What needs to be done —
Output only the stretch of the listing that starts at the line containing "NotGood::Table(bad) => NotTranslated::BadTable" and ends at the line containing "ghost use Rattle.border_exchange.specs.Laws", reproduced exactly with both ends.

── Provided records ──

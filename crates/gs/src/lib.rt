// GS strings: a text with quotes, codes and references, translated whole or refused.
#![tactic(auto)]

ghost use Rattle.std.specs.Prelude.{◌≡◌, ◌≤◌, length};
ghost use Rattle.paper.specs.Traces.{bytes, answer};
ghost use Rattle.indexes.specs.Indexes.{given_as};
ghost use Rattle.gs.specs.inner.Steps.{not_good};
ghost use Rattle.gs.specs.Translations.{reading_of, translated_by, left_by, translated, out_after};

mod expansion;
mod names;
pub mod steps;
mod values;

use lookups::{NotGood, bytes_given, judge};
use names::{Names, are_bytes};
use paper::allowance::cap;
use paper::refusals::{BadTableOf, Refusal};
use paper::{LONGEST, TextPlace};
use steps::Carried;
use symbols::flags::Flags;
use variables::both;
use variables::both::Tables;

// A text that was translated: the place of its end, the bytes written, and the room left.
#[derive(Clone, Copy)]
pub struct Translated {
    pub end: TextPlace,
    pub need: usize,
    pub free: usize,
}

// Why a text was not translated, and the room, which is left as it was.
#[derive(Clone, Copy)]
pub enum NotTranslated {
    // With the room that is enough where there is too little.
    Refused {
        why: Refusal,
        at: TextPlace,
        need: usize,
        free: usize,
    },
    // A table is not good.
    BadTable {
        bad: BadTableOf,
        free: usize,
    },
    // The index is not the house table's.
    BadIndex {
        free: usize,
    },
}

// How deep macros may go: the outer text has depth 0, and none is named in a text of depth 16.
const LEVELS: u8 = 16;

// A text over good tables. The first pass is lent nothing and measures; only when all of it has room does the second write.
fn fill<'a>(
    text: &[u8],
    names: &Names<'a>,
    flags: Flags,
    left: u32,
    out: &mut [u8],
) -> Result<Translated, NotTranslated>
    requires { (length text.now ≤ 65535) × (left ≤ 1024) }
    ensures answer { result ≡ translated_by (answer (reading_of text.now names.now.tables.farm.now names.now.tables.house.now flags.0) left (length out.old)) }
    ensures buffer { out.new ≡ left_by result (bytes (reading_of text.now names.now.tables.farm.now names.now.tables.house.now flags.0)) out.old }
{
    let room = out.len();
    let begun = Carried { to: 0, left };
    let measured = expansion::expand(text, names, flags, LEVELS, begun, &mut out[0..0]).map_err(
        |refused| NotTranslated::Refused {
            why: refused.why,
            at: refused.at,
            need: 0,
            free: room,
        },
    )?;
    let need = measured.carried.to;
    if room < need {
        return Err(NotTranslated::Refused {
            why: Refusal::NoRoom,
            at: TextPlace(0),
            need,
            free: room,
        });
    }
    // The same reading, all of which has room now: it comes to the same end.
    let _ = expansion::expand(text, names, flags, LEVELS, begun, out);
    Ok(Translated {
        end: measured.end,
        need,
        free: room - need,
    })
}

// A text with the references that the variables of the farm's table and the house's resolve, through an index beside the house's where one is
// given, at the start of `out`: whole, or not at all.
pub fn translate<'a>(
    text: &[u8],
    tables: &Tables<'a>,
    index: Option<&[u8]>,
    flags: Flags,
    allowance: u32,
    out: &mut [u8],
) -> Result<Translated, NotTranslated>
    ensures answer { result ≡ translated text.now tables.now.farm.now tables.now.house.now (given_as index.entry) flags.0 allowance (length out.old) }
    ensures buffer { out.new ≡ out_after text.now tables.now.farm.now tables.now.house.now (given_as index.entry) flags.0 allowance out.old }
{
    let room = out.len();
    if LONGEST < text.len() {
        return Err(NotTranslated::Refused {
            why: Refusal::OverLength,
            at: TextPlace(0),
            need: 0,
            free: room,
        });
    }
    // An array with a count beside it: the library has no heap, and the keys of two tables are as many as these at the most.
    let mut keys = both::NO_KEYS;
    let count = judge(tables, index, &mut keys).map_err(|why| not_good(why, room))?;
    let lines: &[u32] = &keys;
    are_bytes(tables.farm);
    are_bytes(tables.house);
    let names = Names {
        tables: *tables,
        keys: &lines[0..count],
        index: bytes_given(index),
    };
    fill(text, &names, flags, cap(allowance), out)
}

// Tables or an index that are not good, as a translation tells it.
fn not_good(why: NotGood, free: usize) -> NotTranslated
    ensures { result ≡ not_good why free }
{
    match why {
        NotGood::Table(bad) => NotTranslated::BadTable { bad, free },
        NotGood::Index => NotTranslated::BadIndex { free },
    }
}
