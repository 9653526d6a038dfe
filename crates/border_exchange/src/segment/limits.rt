//! The limit of segments.

/// The maximum number of segments that a ring is run in.
pub const MAX_SEGMENTS: u32 = node_program::MAX_THREADS;
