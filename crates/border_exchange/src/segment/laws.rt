//! The law that segments cover the ring.
ghost use Rattle.border_exchange.specs.Laws as law;

/// The segments of a ring partition its places in order, and each has at least one.
pub fn segments_cover_the_ring()
    ensures { law.SegmentsCoverTheRing }
{}
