//! Laws over the definitions alone. Each is a function with an empty body; its contract is the law.

ghost use Rattle.std.specs.Prelude.{◌≡◌, ℕ, ◌+◌, ◌<◌, ◌≤◌, List, false, length};
ghost use Rattle.stab_convergence.specs.AtRest.{HasNoFault};
ghost use Rattle.stab_convergence.specs.Meanwhile.{HasAllBefore};
ghost use Rattle.stab_convergence.specs.PathRounds.{PathRounds, rounds_since};
ghost use Rattle.stab_core.specs.Replay.{replay};
ghost use Rattle.stab_core.specs.declared.event.Event.{Event};
ghost use Rattle.stab_exchanges.specs.Exchanges.{completed_exchanges};
ghost use Rattle.stab_exchanges.specs.TreeExchanges.{AllCounted, IsPathOfOpenSenders};
ghost use Rattle.stab_exchanges.specs.TreeExchanges.{PathExchanges, tree_of_links};
ghost use Rattle.stab_frames.specs.Parameters.{Parameters};
ghost use Rattle.stab_line.specs.Line.{link_of};
ghost use Rattle.stab_line.specs.SessionLink.{InTurn, LinkAct, SessionLink, counted_anew};
ghost use Rattle.stab_line.specs.SessionLink.{line_of, link_run};
ghost use Rattle.stab_line.specs.SessionTree.{AllInTurn, SessionTree, TreeAct, tree_run};
ghost use Rattle.stab_rounds.specs.Kinds.{reading};
ghost use Rattle.stab_rounds.specs.ReadingRounds.{reading_rounds};
ghost use Rattle.stab_rounds.specs.Rounds.{IsWithin};
ghost use Rattle.stab_treecore.specs.declared.change.Change.{Change};
ghost use Rattle.stab_treecore.specs.Changes.{changes_replay};
ghost use Rattle.stab_treecore.specs.Network.{IsNetwork, Network};
ghost use Rattle.stab_treecore.specs.Since.{IsState, moment};

/// Each completed exchange acknowledges an item, from any state of the two ends whose connections
/// are in turn, and whatever happens between, but that the sender's end is closed.
pub fn completed_exchanges_acknowledge_items()
    ensures { (p : Parameters) (t : SessionLink) (acts : List LinkAct)
        → InTurn t → let after = link_run p t acts in
        after.sender.closed ≡ false → t.acked + completed_exchanges p t acts ≤ after.acked }
{}

/// And each is a reading round. In a new count, which may begin at any moment, the connections are
/// a replay of the link, whose events have at least as many reading rounds, for every capacity from
/// 1 on. So the laws of rounds hold of it.
pub fn completed_exchanges_are_reading_rounds()
    ensures within { (p : Parameters) (t : SessionLink) → 1 ≤ p.capacity → InTurn t
        → IsWithin p (link_of (line_of (counted_anew t))) }
    ensures rounds { (p : Parameters) (t : SessionLink) (acts : List LinkAct)
        → 1 ≤ p.capacity → InTurn t → let before = counted_anew t in
        let after = link_run p before acts in
        after.sender.closed ≡ false
        → (events : List Event)
        × (replay p (link_of (line_of before)) events ≡ link_of (line_of after))
        × (completed_exchanges p before acts ≤ reading_rounds p.capacity events) }
{}

/// A tree over connections is a tree of links, in a state from which its laws hold, where all that
/// was offered is acknowledged, but for what senders hold. And so it stays, whatever happens.
pub fn a_tree_over_connections_is_a_tree_of_links()
    ensures state { (net : Network) (t : SessionTree) → IsNetwork net → AllInTurn t
        → AllCounted net t → IsState net.tree (tree_of_links net t) }
    ensures stays { (net : Network) (t : SessionTree) (acts : List TreeAct) → IsNetwork net
        → AllInTurn t → AllCounted net t → let after = tree_run net t acts in
        AllInTurn after × AllCounted net after }
{}

/// Whatever its nodes, its connections and the network do is changes of that tree of links, and no
/// fault. Among them are as many reading rounds of a node's path as there are parts in which each
/// link of the path completes an exchange, unless it has nothing to hand on.
pub fn exchanges_of_a_path_are_its_rounds()
    ensures { (net : Network) (t : SessionTree) (acts : List TreeAct) (node rounds : ℕ)
        → IsNetwork net → AllInTurn t → AllCounted net t → PathExchanges net t node rounds acts
        → let s = tree_of_links net t in
        let after = tree_run net t acts in
        IsPathOfOpenSenders net after node
        → (changes : List Change) × HasNoFault changes
        × (changes_replay s changes ≡ tree_of_links net after)
        × PathRounds reading s node rounds changes }
{}

/// So a node over connections comes back, from any state, whatever happened since and whatever is
/// published meanwhile: after as many such parts as reading rounds are needed it has all that was
/// published before these parts, but for some of the first.
pub fn nodes_over_connections_converge()
    ensures { (net : Network) (t : SessionTree) (before acts : List TreeAct) (node rounds : ℕ)
        → IsNetwork net → AllInTurn t → AllCounted net t → node < length net.tree.parents
        → let middle = tree_run net t before in
        PathExchanges net middle node rounds acts
        → let after = tree_run net middle acts in
        IsPathOfOpenSenders net after node
        → rounds_since 1 (moment (tree_of_links net middle)) node ≤ rounds
        → HasAllBefore (tree_of_links net t) (tree_of_links net middle)
        (tree_of_links net after) node }
{
    stab_convergence::laws::nodes_converge();
}
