//! Examples of the definitions, worked out: a law with an empty body.

ghost use Rattle.std.specs.Prelude.{◌≡◌, [], ◌∷◌, None, Some, false, true};
ghost use Rattle.stab_core.specs.CounterExamples.{four_labels};
ghost use Rattle.stab_core.specs.LinkSetup.{setup};
ghost use Rattle.stab_core.specs.Replay.{clean_start};
ghost use Rattle.stab_exchanges.specs.Exchanges.{completed_exchanges, sending};
ghost use Rattle.stab_exchanges.specs.TreeExchanges.{exchanges_at, is_at_rest, tree_of_links};
ghost use Rattle.stab_line.specs.Ends.{new_receiver, new_sender, offered_to};
ghost use Rattle.stab_line.specs.Passes.{pass};
ghost use Rattle.stab_line.specs.Progress.{connects, exchange};
ghost use Rattle.stab_line.specs.SessionLink.{SessionLink, ack_comes, ack_sent, frame_comes};
ghost use Rattle.stab_line.specs.SessionLink.{frame_sent, happens, item_offered, link_run};
ghost use Rattle.stab_line.specs.SessionLink.{no_connection, receiver_accepts, receiver_leaves};
ghost use Rattle.stab_line.specs.SessionLink.{sender_makes, stranger_makes};
ghost use Rattle.stab_line.specs.SessionTree.{SessionTree, tree_run};
ghost use Rattle.stab_treecore.specs.Network.{Network};
ghost use Rattle.stab_treecore.specs.WholeTree.{received};

/// The receiver's end makes connection 4, and the sender's end accepts it, which holds item 7.
pub fn worked_out()
    // One exchange, also with an offer and another connection between; none where the frame is
    // dropped, or its answer; and none where the answer of another connection comes.
    ensures exchanges { let p = four_labels in
        let ends = no_connection (offered_to (new_sender 0) 7) (new_receiver 1) in
        let t : SessionLink = link_run p ends (connects false 4) in
        (completed_exchanges p t (exchange 4) ≡ 1)
        × (completed_exchanges p t (happens frame_sent ∷ item_offered 8
        ∷ happens (stranger_makes true 5) ∷ happens (frame_comes 4) ∷ happens ack_sent
        ∷ happens (ack_comes 4) ∷ []) ≡ 1)
        × (completed_exchanges p t (happens frame_sent ∷ happens (receiver_leaves 4)
        ∷ happens (frame_comes 4) ∷ happens ack_sent ∷ happens (ack_comes 4) ∷ []) ≡ 0)
        × (completed_exchanges p t (happens frame_sent ∷ happens (frame_comes 4) ∷ happens ack_sent
        ∷ happens (sender_makes 5) ∷ happens (ack_comes 4) ∷ []) ≡ 0)
        × (completed_exchanges p t (happens frame_sent ∷ happens (frame_comes 4)
        ∷ happens (sender_makes 5) ∷ happens (receiver_accepts 5) ∷ happens ack_sent
        ∷ happens (ack_comes 5) ∷ []) ≡ 0) }
    // In the chain r, a, b, over connection 4 of each link, r publishes 7. A pass over both links
    // completes an exchange on each, and b has 7. Then both links are at rest; the one into b was
    // at rest before.
    ensures a_path { let net : Network = record {
      tree = record { names = []; parents = None ∷ Some 0 ∷ Some 1 ∷ [] };
      links = setup four_labels clean_start ∷ setup four_labels clean_start ∷ [];
      openings = record { hold = 0; lists = [] ∷ [] ∷ [] ∷ [] };
      published = 7 ∷ [];
    } in
        let ends = no_connection (new_sender 0) (new_receiver 1) in
        let t : SessionTree = record {
          published = 7 ∷ [];
          counts = λ node. 0;
          links = λ node. link_run four_labels ends (connects false 4);
        } in
        let acts = pass ((1, 4) ∷ (2, 4) ∷ []) in
        let after = tree_run net t acts in
        (exchanges_at net t 1 sending acts ≡ 1) × (exchanges_at net t 2 sending acts ≡ 1)
        × (received (tree_of_links net t) 2 ≡ [])
        × (received (tree_of_links net after) 2 ≡ 7 ∷ [])
        × (is_at_rest net t 1 ≡ false) × (is_at_rest net t 2 ≡ true)
        × (is_at_rest net after 1 ≡ true) × (is_at_rest net after 2 ≡ true) }
{}
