//! What comes of exchanges over connections, whatever lies between them.
//!
//! Contracts see a link over connections that are made again and again, and any acts of its ends
//! and of the network; and a whole tree of such links. `specs/Exchanges.antt` says which exchanges
//! are completed among them. The layer above uses one fact: each acknowledges an item, and is a
//! reading round of the link, so that the laws of convergence hold of connections ([`laws`]).
#![tactic(auto)]

pub mod examples;
pub mod laws;
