//! A page of universe discovery, beside the streams of its source that are heard.

ghost use Rattle.std.specs.Prelude.{◌≡◌};
ghost use Rattle.std.specs.List.{list_any};
ghost use Rattle.sacn_audit.specs.UniverseLists.{begins_by, has_unheard, is_heard, is_left_out, is_sent, lacks_universe, leaves_universe_out, lists, reaches, verdict_of};

use crate::limits::{LIST_INTERVAL, LONGEST_WITHOUT_LIST};
use crate::stream_register::AuditedStream;
use sacn_packets::PageView;
use sacn_sources::NETWORK_DATA_LOSS;

/// What a page says beside the streams of its source that are heard.
#[derive(Clone, Copy, PartialEq, Eq)]
pub struct PageVerdict {
    /// It tells of a universe that the source sends, and doesn't have it.
    pub lacks_universe: bool,
    /// It has a universe on which nothing was heard of the source.
    pub has_unheard: bool,
}

impl PageVerdict {
    /// That of a page at a moment, beside these streams and so many packets of further ones: where there are any, it says nothing.
    pub(crate) fn of(
        moment: u64,
        page: &PageView<'_>,
        untracked: u64,
        streams: &[AuditedStream],
    ) -> Self
        ensures { result ≡ verdict_of moment page.now untracked streams.now }
    {
        let is_whole = untracked == 0;
        PageVerdict {
            lacks_universe: is_whole && lacks_universe(moment, page, streams),
            has_unheard: is_whole && has_unheard(moment, page, streams),
        }
    }
}

fn lacks_universe(moment: u64, page: &PageView<'_>, streams: &[AuditedStream]) -> bool
    ensures { result ≡ lacks_universe moment page.now streams.now }
{
    streams
        .iter()
        .any(|stream| is_left_out(moment, page, stream))
}

fn is_left_out(moment: u64, page: &PageView<'_>, stream: &AuditedStream) -> bool
    ensures { result ≡ is_left_out moment page.now stream.now }
{
    is_sent(moment, &page.cid(), stream) && leaves_universe_out(stream.universe, page)
}

// Whether a source has sent a stream for so long that a list has it.
fn is_sent(moment: u64, cid: &[u8; 16], stream: &AuditedStream) -> bool
    ensures { result ≡ is_sent moment cid.now stream.now }
{
    stream.cid == *cid
        && moment.saturating_sub(stream.began) > LIST_INTERVAL
        && moment.saturating_sub(stream.audit.moment()) <= NETWORK_DATA_LOSS
        && !stream.audit.is_ended()
}

// Whether a page tells of a universe and doesn't have it.
fn leaves_universe_out(universe: u16, page: &PageView<'_>) -> bool
    ensures { result ≡ leaves_universe_out universe page.now }
{
    begins_by(universe, page) && reaches(universe, page) && !lists(universe, page)
}

fn begins_by(universe: u16, page: &PageView<'_>) -> bool
    ensures { result ≡ begins_by universe page.now }
{
    page.page() == 0 || (page.count() > 0 && page.number(0) <= universe)
}

fn reaches(universe: u16, page: &PageView<'_>) -> bool
    ensures { result ≡ reaches universe page.now }
{
    page.page() == page.last() || (page.count() > 0 && universe <= page.number(page.count() - 1))
}

fn lists(universe: u16, page: &PageView<'_>) -> bool
    ensures { result ≡ lists universe page.now }
{
    for i in 0..page.count() {
        if page.number(i) == universe {
            return true;
        }
    }
    false
}

fn has_unheard(moment: u64, page: &PageView<'_>, streams: &[AuditedStream]) -> bool
    ensures { result ≡ has_unheard moment page.now streams.now }
{
    let cid = page.cid();
    for i in 0..page.count() {
        if !is_heard_on(moment, &cid, page.number(i), streams) {
            return true;
        }
    }
    false
}

fn is_heard_on(moment: u64, cid: &[u8; 16], universe: u16, streams: &[AuditedStream]) -> bool
    ensures { result ≡ list_any (is_heard moment cid.now universe) streams.now }
{
    streams
        .iter()
        .any(|stream| is_heard(moment, cid, universe, stream))
}

fn is_heard(moment: u64, cid: &[u8; 16], universe: u16, stream: &AuditedStream) -> bool
    ensures { result ≡ is_heard moment cid.now universe stream.now }
{
    stream.is_of(universe, cid)
        && moment.saturating_sub(stream.audit.moment()) <= LONGEST_WITHOUT_LIST
}
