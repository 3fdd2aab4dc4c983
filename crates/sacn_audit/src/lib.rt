//! Which rules of streaming ACN (ANSI E1.31-2018) the packets of a network break.
//!
//! A [`StreamAudit`] is handed each packet of one stream, those of one source on one universe, with its moment, and keeps of each
//! [`Rule`] how often it was broken, when first and when last. It has a fixed size. An [`Audit`] keeps those of up to
//! [`MAX_STREAMS`] streams; of their sources which had two addresses at once, which had one counter for several universes, which sent
//! no list of universes, and which sent one that lacks a universe or has one that wasn't heard ([`PageHabits`]); and of up to
//! [`MAX_REFUSED`] pairs of a sender and a fault how often something couldn't be read. Hearing takes no memory. What is kept over
//! any packets stands in [`laws`].
#![tactic(auto)]

mod audit;
mod breach;
mod content;
mod delivery;
mod groups;
mod hints;
pub mod laws;
mod limits;
mod network_audit;
mod number_habits;
mod pace;
mod page_habits;
mod page_verdict;
mod refused;
mod rule;
mod sight;
mod source;
mod source_numbers;
mod source_register;
mod stream_register;

pub use audit::StreamAudit;
pub use breach::{Breach, Breaches};
pub use content::Content;
pub use delivery::Delivery;
pub use limits::{MAX_REFUSED, MAX_STREAMS};
pub use network_audit::Audit;
pub use number_habits::NumberHabits;
pub use pace::Pace;
pub use page_habits::PageHabits;
pub use page_verdict::PageVerdict;
pub use refused::RefusedPackets;
pub use rule::Rule;
pub use sight::Sight;
pub use source::SourceAudit;
pub use source_numbers::SourceNumbers;
pub use stream_register::AuditedStream;
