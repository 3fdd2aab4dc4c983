//! What a source's pages of universe discovery are like.

ghost use Rattle.std.specs.Prelude.{◌≡◌};
ghost use Rattle.sacn_audit.specs.UniverseLists.{awaited_since, heard_since, first_pages, is_without_list, pages_after, pages_beside};

use crate::breach::Breach;
use crate::limits::LONGEST_WITHOUT_LIST;
use crate::page_verdict::PageVerdict;
use sacn_sources::NETWORK_DATA_LOSS;

/// What a source's pages of universe discovery are like (E1.31, 8), by which it sends the list of its universes. Moments are in
/// milliseconds.
#[derive(Clone, Copy, PartialEq, Eq)]
pub struct PageHabits {
    /// The source is heard since this moment: that of its first packet or page, or of the first one after more than 12 s of silence.
    pub began: u64,
    /// A list is awaited since this moment: that of the latest page, or of the first packet after more than 2500 ms of silence, by
    /// which a source is lost (6.7.1), or of the first of all.
    pub awaited: u64,
    /// No list of universes for more than 12 s, which are the 10 s of E131_UNIVERSE_DISCOVERY_INTERVAL (4.3) and 2 s of slack. Broken at
    /// the first data packet that comes so late, once for each such time.
    pub no_list: Breach,
    /// A list that lacks a universe that is sent (4.3): a page tells of a universe and doesn't have it, and the source has sent it for more
    /// than 10 s without a silence of more than 2500 ms or an end, the latest packet at most 2500 ms before. A page tells of
    /// the universes from its first number to its last, the first page from 1 on, the last page up to 63999. Broken once a page.
    pub lacking: Breach,
    /// No breach, and told as seen: a page has a universe on which nothing was heard of the source for 12 s, while the source itself
    /// was. The place of recording may not have joined that universe's group. Told once a page.
    pub unheard: Breach,
}

impl PageHabits {
    /// Those of a source that is heard for the first time.
    pub(crate) fn first(moment: u64) -> Self
        ensures { result ≡ first_pages moment }
    {
        PageHabits {
            began: moment,
            awaited: moment,
            no_list: Breach::none(),
            lacking: Breach::none(),
            unheard: Breach::none(),
        }
    }

    /// A data packet, after a packet or page that came before it.
    pub(crate) fn hear(&mut self, moment: u64, before: u64)
        ensures { self.new ≡ pages_beside moment before self.old }
    {
        let was_told = is_without_list(before, self.awaited);
        self.awaited = self.awaited_since(moment, before);
        self.began = self.heard_since(moment, before);
        self.no_list
            .note_if(is_without_list(moment, self.awaited) & !was_told, moment);
    }

    /// A page, after a packet or page that came before it.
    pub(crate) fn hear_page(&mut self, moment: u64, before: u64, verdict: PageVerdict)
        ensures { self.new ≡ pages_after moment before verdict self.old }
    {
        self.began = self.heard_since(moment, before);
        self.awaited = moment;
        let is_known = moment.saturating_sub(self.began) > LONGEST_WITHOUT_LIST;
        self.lacking.note_if(verdict.lacks_universe, moment);
        self.unheard.note_if(verdict.has_unheard & is_known, moment);
    }

    fn heard_since(&self, moment: u64, before: u64) -> u64
        ensures { result ≡ heard_since moment before self.now }
    {
        if moment.saturating_sub(before) > LONGEST_WITHOUT_LIST {
            moment
        } else {
            self.began
        }
    }

    fn awaited_since(&self, moment: u64, before: u64) -> u64
        ensures { result ≡ awaited_since moment before self.now }
    {
        if moment.saturating_sub(before) > NETWORK_DATA_LOSS {
            moment
        } else {
            self.awaited
        }
    }
}

// Whether a list is awaited for too long.
fn is_without_list(moment: u64, awaited: u64) -> bool
    ensures { result ≡ is_without_list moment awaited }
{
    moment.saturating_sub(awaited) > LONGEST_WITHOUT_LIST
}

───

Written answer —
        NotGood::Table(bad) => NotTranslated::BadTable { bad, free },
        NotGood::Index => NotTranslated::BadIndex { free },
    }
}
repository 9653526d6a038dfe
filename crates/border_exchange/src/segment/limits.rt
//! The limit of segments.

/// The maximum number of segments that a ring is run in.
pub const MAX_SEGMENTS: u32 = node_program::MAX_THREADS;
filename crates/border_exchange/src/segment/laws.rt
//! The law that segments cover the ring.
ghost use Rattle.border_exchange.specs.Laws as law;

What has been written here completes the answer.